I am trying to get a machine certificate installed on an OS X client so that it can participate in 802.1x network authentication.  We currently use MS CA to issue certs to all our Windows clients via group policy.  These machines are authenticating on our 802.1x switch ports just fine, however I am unable to get a "machine" certificate installed on the macintosh.

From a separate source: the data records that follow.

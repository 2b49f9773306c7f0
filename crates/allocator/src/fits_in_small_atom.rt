// Whether bytes are those of a small atom, and of which.
ghost use Rattle.std.specs.Prelude.{◌≡◌, ◌<◌, ◌≤◌, length, get_or};
ghost use Rattle.words.specs.BigEndian.{number};
ghost use Rattle.words.specs.Options.{option_of};
ghost use Rattle.allocator.specs.SmallAtom.{is_small_atom, fits_in_small_atom};

// The number that bytes make, the highest first.
fn number_of(v: &[u8]) -> u32
    requires { length v.now ≤ 4 }
    ensures { result ≡ number v.now }
{
    let mut ret: u32 = 0;
    for byte in v {
        ret = (ret << 8) | u32::from(*byte);
    }
    ret
}

// Whether the first byte, a zero, keeps the next one's top bit from making the number negative. Otherwise it is redundant.
fn zero_is_needed(v: &[u8]) -> bool
    requires { (0 < length v.now) × (length v.now ≤ 4) × (get_or v.now 0 0 ≡ 0) }
    ensures { result ≡ is_small_atom v.now }
{
    if v.len() == 1 {
        return false;
    }
    v[1] >= 0x80
}

// Whether bytes are the shortest form of a number that is not negative and has at most 26 bits.
fn is_small_atom(v: &[u8]) -> bool
    ensures { result ≡ is_small_atom v.now }
{
    if v.is_empty() {
        return true;
    }
    if v.len() > 4 {
        return false;
    }
    if v[0] == 0 {
        return zero_is_needed(v);
    }
    // If the top bit is set, it's a negative number.
    if v[0] >= 0x80 {
        return false;
    }
    // Of four bytes the top one can't use more than 2 bits.
    if v.len() == 4 {
        return v[0] <= 3;
    }
    true
}

// The value of the small atom with these bytes, if there is one.
pub fn fits_in_small_atom(v: &[u8]) -> Option<u32>
    ensures { option_of result ≡ fits_in_small_atom v.now }
{
    if is_small_atom(v) {
        Some(number_of(v))
    } else {
        None
    }
}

Does anyone have any idea how to get that certificate from the MS CA to the OS X client?  Any help would be appreciated.

TIA


----------



## Fahrvergnuugen (Nov 2, 2004)

tryter said:
			
		

> Greetings,
> 
> I am trying to get a machine certificate installed on an OS X client so that it can participate in 802.1x network authentication.  We currently use MS CA to issue certs to all our Windows clients via group policy.  These machines are authenticating on our 802.1x switch ports just fine, however I am unable to get a "machine" certificate installed on the macintosh.
> 
> ...



I'm trying to do the same, have you gotten anywhere with this?


----------



## bobw (Nov 2, 2004)

See if either of these help;

http://www.macosxhints.com/article.php?story=20040604183100875&query=certificate

http://www.macosxhints.com/article.php?story=20020224105617457&query=certificate


----------